Requirement
If a line in the entries below includes "twice", pick it out and copy it.

Supplied material
══════════

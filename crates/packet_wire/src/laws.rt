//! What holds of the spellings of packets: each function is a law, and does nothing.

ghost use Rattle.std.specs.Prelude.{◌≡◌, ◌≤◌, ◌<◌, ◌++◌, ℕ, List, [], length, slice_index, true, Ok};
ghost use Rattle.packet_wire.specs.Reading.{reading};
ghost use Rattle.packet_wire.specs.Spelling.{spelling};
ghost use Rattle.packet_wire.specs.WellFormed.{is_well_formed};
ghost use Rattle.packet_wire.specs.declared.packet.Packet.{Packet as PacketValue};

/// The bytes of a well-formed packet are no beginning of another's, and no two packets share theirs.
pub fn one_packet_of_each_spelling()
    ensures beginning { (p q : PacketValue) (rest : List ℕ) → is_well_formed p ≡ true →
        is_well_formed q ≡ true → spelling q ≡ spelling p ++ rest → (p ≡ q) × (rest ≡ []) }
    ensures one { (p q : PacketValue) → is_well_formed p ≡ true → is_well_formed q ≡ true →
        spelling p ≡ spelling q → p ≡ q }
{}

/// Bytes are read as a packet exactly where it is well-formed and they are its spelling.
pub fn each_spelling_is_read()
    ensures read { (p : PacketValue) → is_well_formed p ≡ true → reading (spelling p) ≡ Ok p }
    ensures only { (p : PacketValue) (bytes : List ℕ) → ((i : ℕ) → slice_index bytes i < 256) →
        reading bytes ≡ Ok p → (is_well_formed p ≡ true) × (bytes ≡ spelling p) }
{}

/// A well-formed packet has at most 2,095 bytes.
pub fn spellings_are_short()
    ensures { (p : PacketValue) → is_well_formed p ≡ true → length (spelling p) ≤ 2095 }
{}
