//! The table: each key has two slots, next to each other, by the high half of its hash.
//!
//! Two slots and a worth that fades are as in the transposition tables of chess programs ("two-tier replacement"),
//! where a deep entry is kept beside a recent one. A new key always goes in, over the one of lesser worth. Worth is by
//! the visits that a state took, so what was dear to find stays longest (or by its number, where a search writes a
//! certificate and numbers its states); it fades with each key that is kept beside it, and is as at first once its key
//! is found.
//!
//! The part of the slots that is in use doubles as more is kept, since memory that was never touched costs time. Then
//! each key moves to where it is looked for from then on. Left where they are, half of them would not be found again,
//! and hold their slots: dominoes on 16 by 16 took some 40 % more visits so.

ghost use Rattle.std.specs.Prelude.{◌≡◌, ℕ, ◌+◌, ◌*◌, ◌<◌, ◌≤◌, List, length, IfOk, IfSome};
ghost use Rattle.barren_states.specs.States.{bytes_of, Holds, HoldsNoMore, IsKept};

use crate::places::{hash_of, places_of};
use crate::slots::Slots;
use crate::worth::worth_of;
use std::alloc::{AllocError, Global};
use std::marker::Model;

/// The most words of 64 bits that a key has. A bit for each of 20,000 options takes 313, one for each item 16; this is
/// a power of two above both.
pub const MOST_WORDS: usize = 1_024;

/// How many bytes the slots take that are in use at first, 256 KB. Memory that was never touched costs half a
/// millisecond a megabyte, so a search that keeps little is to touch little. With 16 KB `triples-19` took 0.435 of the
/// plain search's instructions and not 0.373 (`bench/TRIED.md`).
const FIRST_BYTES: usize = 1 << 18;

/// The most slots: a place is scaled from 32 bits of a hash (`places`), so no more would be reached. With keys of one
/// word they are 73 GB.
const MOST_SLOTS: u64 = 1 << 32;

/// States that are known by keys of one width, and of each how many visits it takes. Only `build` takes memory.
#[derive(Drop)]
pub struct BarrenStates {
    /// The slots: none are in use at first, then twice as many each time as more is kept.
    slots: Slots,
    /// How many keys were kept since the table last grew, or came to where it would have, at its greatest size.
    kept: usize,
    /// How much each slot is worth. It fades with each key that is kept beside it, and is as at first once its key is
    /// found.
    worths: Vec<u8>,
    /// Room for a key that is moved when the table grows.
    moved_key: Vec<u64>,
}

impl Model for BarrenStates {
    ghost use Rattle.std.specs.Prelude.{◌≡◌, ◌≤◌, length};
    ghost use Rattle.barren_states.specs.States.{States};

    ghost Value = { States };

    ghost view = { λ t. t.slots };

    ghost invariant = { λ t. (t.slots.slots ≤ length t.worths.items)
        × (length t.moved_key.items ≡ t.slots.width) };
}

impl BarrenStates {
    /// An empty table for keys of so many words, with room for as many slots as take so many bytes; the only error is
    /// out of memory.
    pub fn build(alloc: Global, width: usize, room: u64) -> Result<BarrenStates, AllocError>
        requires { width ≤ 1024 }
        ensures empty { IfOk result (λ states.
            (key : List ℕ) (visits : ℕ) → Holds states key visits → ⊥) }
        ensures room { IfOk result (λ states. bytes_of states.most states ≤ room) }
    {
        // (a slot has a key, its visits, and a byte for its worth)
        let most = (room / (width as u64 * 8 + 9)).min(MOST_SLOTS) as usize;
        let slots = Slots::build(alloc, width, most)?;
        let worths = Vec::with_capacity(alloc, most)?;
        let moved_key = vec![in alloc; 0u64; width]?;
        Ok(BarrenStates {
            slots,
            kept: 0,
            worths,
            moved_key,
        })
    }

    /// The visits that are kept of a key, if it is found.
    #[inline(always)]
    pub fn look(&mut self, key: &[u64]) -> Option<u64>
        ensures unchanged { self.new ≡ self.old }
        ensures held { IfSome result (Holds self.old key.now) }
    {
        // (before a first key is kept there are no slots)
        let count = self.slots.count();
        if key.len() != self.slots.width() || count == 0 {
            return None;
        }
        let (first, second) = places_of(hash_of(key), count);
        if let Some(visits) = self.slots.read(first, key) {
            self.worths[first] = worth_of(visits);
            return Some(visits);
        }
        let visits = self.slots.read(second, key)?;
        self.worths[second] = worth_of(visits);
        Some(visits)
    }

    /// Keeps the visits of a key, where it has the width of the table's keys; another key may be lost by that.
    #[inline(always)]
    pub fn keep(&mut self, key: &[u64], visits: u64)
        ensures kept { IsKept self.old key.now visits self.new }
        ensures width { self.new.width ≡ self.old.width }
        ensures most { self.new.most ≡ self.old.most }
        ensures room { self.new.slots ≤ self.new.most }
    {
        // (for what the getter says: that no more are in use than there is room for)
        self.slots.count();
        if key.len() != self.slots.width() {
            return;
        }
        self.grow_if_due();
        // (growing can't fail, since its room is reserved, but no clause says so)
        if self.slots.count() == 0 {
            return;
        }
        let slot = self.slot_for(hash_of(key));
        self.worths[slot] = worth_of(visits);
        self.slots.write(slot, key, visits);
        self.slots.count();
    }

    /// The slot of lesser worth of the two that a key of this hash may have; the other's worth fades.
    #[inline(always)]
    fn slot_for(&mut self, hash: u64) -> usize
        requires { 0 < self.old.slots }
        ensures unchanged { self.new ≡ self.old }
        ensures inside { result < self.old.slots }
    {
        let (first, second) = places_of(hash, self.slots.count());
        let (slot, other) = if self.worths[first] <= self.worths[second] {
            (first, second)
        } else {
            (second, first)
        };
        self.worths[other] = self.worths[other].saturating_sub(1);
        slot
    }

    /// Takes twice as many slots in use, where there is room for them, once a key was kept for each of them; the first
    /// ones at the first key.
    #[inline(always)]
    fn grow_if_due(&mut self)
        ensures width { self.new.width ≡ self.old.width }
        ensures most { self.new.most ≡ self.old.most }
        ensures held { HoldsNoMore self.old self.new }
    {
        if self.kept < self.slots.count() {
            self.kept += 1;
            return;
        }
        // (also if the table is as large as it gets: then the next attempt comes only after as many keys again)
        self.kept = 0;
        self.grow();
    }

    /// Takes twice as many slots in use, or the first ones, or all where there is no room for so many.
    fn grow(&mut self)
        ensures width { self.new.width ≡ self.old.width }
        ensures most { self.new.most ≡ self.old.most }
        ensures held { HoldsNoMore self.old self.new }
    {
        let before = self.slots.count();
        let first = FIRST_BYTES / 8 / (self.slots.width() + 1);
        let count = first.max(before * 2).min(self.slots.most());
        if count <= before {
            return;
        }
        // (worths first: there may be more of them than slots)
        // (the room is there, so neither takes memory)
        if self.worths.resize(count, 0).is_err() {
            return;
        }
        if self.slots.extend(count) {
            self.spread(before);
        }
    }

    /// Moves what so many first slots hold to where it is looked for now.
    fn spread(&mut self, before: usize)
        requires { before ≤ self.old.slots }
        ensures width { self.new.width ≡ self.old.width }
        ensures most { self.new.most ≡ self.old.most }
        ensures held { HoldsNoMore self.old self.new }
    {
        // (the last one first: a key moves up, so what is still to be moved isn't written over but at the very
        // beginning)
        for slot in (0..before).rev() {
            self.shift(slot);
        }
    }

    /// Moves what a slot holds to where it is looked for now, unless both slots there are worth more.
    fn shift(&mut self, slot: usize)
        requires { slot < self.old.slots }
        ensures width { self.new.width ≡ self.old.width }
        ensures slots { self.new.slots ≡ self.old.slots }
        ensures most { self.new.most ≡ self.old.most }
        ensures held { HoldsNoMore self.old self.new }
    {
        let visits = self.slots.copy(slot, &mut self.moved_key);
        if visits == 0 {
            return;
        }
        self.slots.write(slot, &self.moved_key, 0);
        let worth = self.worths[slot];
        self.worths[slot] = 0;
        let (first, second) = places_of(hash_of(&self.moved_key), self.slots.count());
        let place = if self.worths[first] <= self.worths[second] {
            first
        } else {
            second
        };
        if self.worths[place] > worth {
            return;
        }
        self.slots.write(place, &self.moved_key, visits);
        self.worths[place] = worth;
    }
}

══════════

Answer
    /// The slots: none are in use at first, then twice as many each time as more is kept.
    /// Takes twice as many slots in use, where there is room for them, once a key was kept for each of them; the first
    /// Takes twice as many slots in use, or the first ones, or all where there is no room for so many.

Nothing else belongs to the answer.